*Assignment*.
Each record below is to be output with no change at all.

══ Input records

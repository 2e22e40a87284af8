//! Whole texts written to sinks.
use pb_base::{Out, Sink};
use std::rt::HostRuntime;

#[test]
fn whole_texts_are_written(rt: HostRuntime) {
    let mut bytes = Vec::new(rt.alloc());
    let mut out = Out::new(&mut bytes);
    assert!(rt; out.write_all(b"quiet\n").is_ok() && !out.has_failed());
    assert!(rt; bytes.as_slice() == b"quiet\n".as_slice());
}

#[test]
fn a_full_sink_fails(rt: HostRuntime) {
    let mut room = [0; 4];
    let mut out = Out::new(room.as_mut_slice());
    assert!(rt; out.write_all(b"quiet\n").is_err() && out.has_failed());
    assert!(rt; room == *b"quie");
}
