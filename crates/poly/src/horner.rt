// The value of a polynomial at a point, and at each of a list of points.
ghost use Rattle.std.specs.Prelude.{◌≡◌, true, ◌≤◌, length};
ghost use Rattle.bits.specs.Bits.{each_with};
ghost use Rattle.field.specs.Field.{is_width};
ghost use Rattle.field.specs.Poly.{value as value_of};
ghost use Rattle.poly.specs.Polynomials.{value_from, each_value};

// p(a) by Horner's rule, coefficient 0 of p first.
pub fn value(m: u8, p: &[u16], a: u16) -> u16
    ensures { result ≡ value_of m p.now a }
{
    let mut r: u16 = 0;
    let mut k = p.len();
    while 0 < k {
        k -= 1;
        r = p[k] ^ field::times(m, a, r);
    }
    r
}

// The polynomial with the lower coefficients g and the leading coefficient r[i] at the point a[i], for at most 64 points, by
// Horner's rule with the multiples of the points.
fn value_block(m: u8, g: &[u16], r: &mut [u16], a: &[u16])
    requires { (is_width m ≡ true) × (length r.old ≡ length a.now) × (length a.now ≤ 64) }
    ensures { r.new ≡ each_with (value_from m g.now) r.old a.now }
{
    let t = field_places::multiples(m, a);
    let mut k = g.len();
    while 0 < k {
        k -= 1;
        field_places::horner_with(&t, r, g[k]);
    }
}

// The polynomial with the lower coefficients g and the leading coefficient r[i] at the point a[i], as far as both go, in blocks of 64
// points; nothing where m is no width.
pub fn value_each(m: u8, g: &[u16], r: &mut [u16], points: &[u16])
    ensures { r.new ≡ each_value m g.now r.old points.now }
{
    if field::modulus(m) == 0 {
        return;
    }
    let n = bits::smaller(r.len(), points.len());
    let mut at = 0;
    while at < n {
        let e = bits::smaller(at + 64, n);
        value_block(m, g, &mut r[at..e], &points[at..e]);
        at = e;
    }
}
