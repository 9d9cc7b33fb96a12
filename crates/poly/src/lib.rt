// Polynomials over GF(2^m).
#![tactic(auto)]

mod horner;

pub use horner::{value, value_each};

════

*Exercise answer*.
repository 2e22e40a87284af8
//! Whole texts written to sinks.
use pb_base::{Out, Sink};
use std::rt::HostRuntime;

#[test]
fn whole_texts_are_written(rt: HostRuntime) {
    let mut bytes = Vec::new(rt.alloc());
    let mut out = Out::new(&mut bytes);
    assert!(rt; out.write_all(b"quiet\n").is_ok() && !out.has_failed());
    assert!(rt; bytes.as_slice() == b"quiet\n".as_slice());
}

#[test]
fn a_full_sink_fails(rt: HostRuntime) {
    let mut room = [0; 4];
    let mut out = Out::new(room.as_mut_slice());
    assert!(rt; out.write_all(b"quiet\n").is_err() && out.has_failed());
    assert!(rt; room == *b"quie");
}
filename crates/poly/src/horner.rt
// The value of a polynomial at a point, and at each of a list of points.
ghost use Rattle.std.specs.Prelude.{◌≡◌, true, ◌≤◌, length};
ghost use Rattle.bits.specs.Bits.{each_with};
ghost use Rattle.field.specs.Field.{is_width};
ghost use Rattle.field.specs.Poly.{value as value_of};
ghost use Rattle.poly.specs.Polynomials.{value_from, each_value};

// p(a) by Horner's rule, coefficient 0 of p first.
pub fn value(m: u8, p: &[u16], a: u16) -> u16
    ensures { result ≡ value_of m p.now a }
{
    let mut r: u16 = 0;
    let mut k = p.len();
    while 0 < k {
        k -= 1;
        r = p[k] ^ field::times(m, a, r);
    }
    r
}

// The polynomial with the lower coefficients g and the leading coefficient r[i] at the point a[i], for at most 64 points, by
// Horner's rule with the multiples of the points.
fn value_block(m: u8, g: &[u16], r: &mut [u16], a: &[u16])
    requires { (is_width m ≡ true) × (length r.old ≡ length a.now) × (length a.now ≤ 64) }
    ensures { r.new ≡ each_with (value_from m g.now) r.old a.now }
{
    let t = field_places::multiples(m, a);
    let mut k = g.len();
    while 0 < k {
        k -= 1;
        field_places::horner_with(&t, r, g[k]);
    }
}

// The polynomial with the lower coefficients g and the leading coefficient r[i] at the point a[i], as far as both go, in blocks of 64
// points; nothing where m is no width.
pub fn value_each(m: u8, g: &[u16], r: &mut [u16], points: &[u16])
    ensures { r.new ≡ each_value m g.now r.old points.now }
{
    if field::modulus(m) == 0 {
        return;
    }
    let n = bits::smaller(r.len(), points.len());
    let mut at = 0;
    while at < n {
        let e = bits::smaller(at + 64, n);
        value_block(m, g, &mut r[at..e], &points[at..e]);
        at = e;
    }
}
repository 9d9cc7b33fb96a12
filename crates/poly/src/lib.rt
// Polynomials over GF(2^m).
#![tactic(auto)]

mod horner;

pub use horner::{value, value_each};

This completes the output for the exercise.